[Collected data entries]
====
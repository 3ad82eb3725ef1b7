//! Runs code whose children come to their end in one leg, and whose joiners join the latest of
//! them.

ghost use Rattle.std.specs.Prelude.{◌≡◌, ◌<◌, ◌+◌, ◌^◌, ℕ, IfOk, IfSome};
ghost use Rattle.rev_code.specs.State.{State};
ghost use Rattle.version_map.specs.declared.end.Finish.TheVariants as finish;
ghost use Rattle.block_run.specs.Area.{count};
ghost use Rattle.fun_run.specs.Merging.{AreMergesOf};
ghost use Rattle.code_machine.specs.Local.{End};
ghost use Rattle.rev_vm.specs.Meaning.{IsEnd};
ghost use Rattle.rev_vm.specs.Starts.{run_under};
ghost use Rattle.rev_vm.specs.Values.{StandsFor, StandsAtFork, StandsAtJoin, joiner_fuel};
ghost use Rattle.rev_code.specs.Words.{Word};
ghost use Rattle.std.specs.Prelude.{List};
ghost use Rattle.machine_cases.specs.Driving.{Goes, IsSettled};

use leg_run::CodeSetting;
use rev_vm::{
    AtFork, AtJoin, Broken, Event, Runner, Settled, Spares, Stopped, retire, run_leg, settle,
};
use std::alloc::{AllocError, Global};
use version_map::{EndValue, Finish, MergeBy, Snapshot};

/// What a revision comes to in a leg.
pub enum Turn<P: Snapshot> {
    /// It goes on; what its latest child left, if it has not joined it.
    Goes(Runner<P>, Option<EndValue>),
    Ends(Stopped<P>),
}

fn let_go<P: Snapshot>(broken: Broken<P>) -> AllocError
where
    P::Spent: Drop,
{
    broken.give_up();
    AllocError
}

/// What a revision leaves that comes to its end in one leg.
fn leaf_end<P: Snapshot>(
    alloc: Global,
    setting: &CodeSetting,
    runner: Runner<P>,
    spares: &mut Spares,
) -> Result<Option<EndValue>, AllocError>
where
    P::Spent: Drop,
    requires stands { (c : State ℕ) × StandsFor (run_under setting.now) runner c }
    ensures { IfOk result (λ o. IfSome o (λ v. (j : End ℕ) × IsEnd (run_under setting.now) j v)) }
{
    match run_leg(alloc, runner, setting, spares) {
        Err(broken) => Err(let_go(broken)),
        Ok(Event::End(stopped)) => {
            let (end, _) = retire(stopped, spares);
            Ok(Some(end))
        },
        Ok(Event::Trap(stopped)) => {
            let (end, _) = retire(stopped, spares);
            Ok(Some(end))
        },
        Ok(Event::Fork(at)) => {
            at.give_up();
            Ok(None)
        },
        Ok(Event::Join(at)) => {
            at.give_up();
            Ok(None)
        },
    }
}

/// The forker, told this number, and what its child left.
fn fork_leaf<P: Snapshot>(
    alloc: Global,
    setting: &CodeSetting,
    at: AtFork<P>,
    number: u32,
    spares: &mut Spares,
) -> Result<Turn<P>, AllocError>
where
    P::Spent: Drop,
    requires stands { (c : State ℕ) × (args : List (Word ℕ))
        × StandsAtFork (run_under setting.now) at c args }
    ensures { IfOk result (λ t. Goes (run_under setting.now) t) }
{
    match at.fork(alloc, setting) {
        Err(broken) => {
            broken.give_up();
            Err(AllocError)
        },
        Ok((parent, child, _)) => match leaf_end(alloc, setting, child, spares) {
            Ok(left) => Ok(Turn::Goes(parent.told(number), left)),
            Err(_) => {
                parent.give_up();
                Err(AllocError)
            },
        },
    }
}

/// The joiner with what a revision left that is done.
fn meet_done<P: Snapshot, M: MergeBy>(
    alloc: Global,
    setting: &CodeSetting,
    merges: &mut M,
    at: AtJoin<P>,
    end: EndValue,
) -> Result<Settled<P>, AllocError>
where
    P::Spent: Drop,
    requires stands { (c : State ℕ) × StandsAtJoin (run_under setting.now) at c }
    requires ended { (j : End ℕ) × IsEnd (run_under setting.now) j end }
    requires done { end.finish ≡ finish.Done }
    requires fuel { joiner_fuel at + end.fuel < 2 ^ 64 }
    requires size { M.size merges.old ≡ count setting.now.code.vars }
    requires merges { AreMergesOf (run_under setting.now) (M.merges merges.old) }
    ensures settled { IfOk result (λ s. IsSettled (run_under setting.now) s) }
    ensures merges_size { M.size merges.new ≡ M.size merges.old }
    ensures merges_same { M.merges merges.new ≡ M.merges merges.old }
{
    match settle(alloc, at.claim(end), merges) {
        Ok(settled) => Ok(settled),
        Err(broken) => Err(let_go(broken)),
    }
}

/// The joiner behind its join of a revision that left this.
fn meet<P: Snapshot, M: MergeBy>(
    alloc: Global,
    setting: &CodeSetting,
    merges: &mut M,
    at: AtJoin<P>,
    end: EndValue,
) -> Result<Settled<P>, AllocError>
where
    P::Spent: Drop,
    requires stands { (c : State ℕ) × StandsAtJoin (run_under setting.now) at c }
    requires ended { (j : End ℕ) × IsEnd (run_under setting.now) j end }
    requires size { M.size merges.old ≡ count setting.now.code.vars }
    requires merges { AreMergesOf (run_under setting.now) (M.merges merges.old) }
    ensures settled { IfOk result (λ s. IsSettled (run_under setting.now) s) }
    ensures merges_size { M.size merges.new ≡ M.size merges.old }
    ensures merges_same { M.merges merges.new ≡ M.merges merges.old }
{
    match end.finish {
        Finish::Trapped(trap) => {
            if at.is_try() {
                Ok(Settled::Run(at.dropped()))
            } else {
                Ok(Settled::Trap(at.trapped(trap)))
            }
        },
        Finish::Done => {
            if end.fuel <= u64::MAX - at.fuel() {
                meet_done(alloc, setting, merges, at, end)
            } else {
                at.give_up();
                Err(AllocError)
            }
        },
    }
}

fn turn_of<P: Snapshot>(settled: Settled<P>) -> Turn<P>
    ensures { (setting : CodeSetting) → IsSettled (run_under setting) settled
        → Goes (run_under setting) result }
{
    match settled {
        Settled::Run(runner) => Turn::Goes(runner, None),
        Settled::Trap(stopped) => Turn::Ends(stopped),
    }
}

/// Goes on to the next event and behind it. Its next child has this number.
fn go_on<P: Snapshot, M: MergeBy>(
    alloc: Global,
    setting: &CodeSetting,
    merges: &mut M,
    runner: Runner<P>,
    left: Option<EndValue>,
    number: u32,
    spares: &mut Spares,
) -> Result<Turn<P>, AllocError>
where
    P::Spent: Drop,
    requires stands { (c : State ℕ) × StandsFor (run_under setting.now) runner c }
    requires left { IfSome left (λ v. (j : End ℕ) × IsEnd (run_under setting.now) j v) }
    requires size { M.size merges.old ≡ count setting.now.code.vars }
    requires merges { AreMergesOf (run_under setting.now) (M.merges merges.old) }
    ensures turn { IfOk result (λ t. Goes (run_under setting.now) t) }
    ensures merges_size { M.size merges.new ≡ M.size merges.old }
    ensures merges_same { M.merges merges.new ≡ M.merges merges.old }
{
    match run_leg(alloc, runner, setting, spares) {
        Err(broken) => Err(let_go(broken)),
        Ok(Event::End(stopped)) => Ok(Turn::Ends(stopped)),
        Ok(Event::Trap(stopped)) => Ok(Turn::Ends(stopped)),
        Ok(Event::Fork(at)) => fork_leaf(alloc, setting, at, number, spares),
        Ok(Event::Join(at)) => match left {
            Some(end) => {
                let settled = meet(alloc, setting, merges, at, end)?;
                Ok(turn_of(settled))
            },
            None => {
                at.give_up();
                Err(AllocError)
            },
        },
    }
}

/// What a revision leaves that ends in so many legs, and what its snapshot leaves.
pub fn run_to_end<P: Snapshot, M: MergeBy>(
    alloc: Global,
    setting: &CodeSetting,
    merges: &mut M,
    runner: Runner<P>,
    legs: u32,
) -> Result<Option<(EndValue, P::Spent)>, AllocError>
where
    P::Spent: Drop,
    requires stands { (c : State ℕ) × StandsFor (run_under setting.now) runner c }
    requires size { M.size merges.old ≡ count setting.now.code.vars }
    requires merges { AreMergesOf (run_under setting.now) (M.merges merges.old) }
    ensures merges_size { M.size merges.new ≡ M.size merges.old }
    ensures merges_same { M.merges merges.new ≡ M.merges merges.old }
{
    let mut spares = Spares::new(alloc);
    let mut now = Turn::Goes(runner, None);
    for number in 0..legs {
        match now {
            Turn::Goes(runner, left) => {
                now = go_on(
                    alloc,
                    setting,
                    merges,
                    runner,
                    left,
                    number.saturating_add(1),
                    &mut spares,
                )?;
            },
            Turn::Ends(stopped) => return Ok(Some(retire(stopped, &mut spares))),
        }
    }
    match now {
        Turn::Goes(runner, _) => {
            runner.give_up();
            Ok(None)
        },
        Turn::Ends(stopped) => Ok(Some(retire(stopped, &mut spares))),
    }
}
====
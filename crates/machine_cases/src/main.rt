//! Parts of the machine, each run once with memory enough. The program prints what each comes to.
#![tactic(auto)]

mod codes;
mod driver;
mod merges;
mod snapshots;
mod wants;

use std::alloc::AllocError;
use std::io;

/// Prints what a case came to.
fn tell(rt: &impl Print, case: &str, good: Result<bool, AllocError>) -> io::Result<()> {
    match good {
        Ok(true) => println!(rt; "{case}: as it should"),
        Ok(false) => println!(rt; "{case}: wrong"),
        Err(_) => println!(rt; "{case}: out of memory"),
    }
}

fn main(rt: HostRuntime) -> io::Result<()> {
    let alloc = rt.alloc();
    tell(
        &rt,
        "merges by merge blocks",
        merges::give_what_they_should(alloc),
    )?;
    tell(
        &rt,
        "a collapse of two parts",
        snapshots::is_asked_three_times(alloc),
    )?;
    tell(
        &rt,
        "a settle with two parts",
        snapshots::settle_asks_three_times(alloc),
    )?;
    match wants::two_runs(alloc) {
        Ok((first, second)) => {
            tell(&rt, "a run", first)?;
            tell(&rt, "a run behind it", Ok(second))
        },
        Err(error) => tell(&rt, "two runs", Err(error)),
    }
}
====
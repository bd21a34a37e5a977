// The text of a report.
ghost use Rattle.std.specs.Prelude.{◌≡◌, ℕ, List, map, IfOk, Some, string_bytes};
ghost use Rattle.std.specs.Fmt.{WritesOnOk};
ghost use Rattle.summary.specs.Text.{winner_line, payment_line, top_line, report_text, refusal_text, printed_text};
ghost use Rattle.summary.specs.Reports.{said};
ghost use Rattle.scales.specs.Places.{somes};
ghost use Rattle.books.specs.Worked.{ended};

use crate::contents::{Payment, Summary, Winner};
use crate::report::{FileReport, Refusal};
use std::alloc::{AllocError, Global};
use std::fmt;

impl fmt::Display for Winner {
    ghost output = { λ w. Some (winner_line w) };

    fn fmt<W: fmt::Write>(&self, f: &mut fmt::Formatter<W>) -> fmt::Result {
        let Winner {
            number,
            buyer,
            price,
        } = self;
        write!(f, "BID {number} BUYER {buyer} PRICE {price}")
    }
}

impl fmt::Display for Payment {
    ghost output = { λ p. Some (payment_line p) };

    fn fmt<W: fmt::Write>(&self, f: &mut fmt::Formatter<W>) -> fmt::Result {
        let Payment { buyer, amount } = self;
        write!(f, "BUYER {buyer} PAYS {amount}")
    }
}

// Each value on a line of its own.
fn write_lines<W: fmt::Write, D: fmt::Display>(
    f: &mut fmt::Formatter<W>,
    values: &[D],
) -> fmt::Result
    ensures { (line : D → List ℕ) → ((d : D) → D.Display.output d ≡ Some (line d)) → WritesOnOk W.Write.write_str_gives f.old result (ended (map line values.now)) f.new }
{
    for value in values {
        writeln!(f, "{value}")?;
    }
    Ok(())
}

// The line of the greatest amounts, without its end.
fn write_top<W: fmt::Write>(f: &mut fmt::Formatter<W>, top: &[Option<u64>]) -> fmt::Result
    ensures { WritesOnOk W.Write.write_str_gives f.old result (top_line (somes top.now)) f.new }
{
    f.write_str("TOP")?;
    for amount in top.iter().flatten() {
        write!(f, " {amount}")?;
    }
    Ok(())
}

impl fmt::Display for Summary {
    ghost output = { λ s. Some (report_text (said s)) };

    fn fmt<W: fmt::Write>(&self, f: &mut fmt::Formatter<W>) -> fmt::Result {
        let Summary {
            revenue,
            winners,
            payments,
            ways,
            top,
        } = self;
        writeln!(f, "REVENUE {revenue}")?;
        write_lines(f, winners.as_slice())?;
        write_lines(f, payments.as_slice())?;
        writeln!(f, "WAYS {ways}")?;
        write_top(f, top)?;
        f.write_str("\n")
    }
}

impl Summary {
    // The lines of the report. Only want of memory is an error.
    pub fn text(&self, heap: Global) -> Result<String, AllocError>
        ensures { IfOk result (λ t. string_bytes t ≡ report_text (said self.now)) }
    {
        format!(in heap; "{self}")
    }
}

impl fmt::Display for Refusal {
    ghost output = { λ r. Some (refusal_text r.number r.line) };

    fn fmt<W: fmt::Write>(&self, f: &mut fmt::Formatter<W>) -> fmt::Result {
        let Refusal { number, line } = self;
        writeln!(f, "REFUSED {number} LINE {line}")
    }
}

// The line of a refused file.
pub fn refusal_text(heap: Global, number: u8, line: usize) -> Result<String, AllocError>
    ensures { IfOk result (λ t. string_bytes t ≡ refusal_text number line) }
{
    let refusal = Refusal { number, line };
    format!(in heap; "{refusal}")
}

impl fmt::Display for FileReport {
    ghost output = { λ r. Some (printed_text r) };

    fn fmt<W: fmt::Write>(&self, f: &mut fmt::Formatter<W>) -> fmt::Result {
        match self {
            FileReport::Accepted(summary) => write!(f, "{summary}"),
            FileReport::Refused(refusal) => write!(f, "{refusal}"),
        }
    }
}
====
### Your instructions
Print exactly the lines above from the one with "impl fmt::Display for Payment" to the one with "without its end.", including both.

### Written solution
impl fmt::Display for Payment {
    ghost output = { λ p. Some (payment_line p) };

    fn fmt<W: fmt::Write>(&self, f: &mut fmt::Formatter<W>) -> fmt::Result {
        let Payment { buyer, amount } = self;
        write!(f, "BUYER {buyer} PAYS {amount}")
    }
}

// Each value on a line of its own.
fn write_lines<W: fmt::Write, D: fmt::Display>(
    f: &mut fmt::Formatter<W>,
    values: &[D],
) -> fmt::Result
    ensures { (line : D → List ℕ) → ((d : D) → D.Display.output d ≡ Some (line d)) → WritesOnOk W.Write.write_str_gives f.old result (ended (map line values.now)) f.new }
{
    for value in values {
        writeln!(f, "{value}")?;
    }
    Ok(())
}

// The line of the greatest amounts, without its end.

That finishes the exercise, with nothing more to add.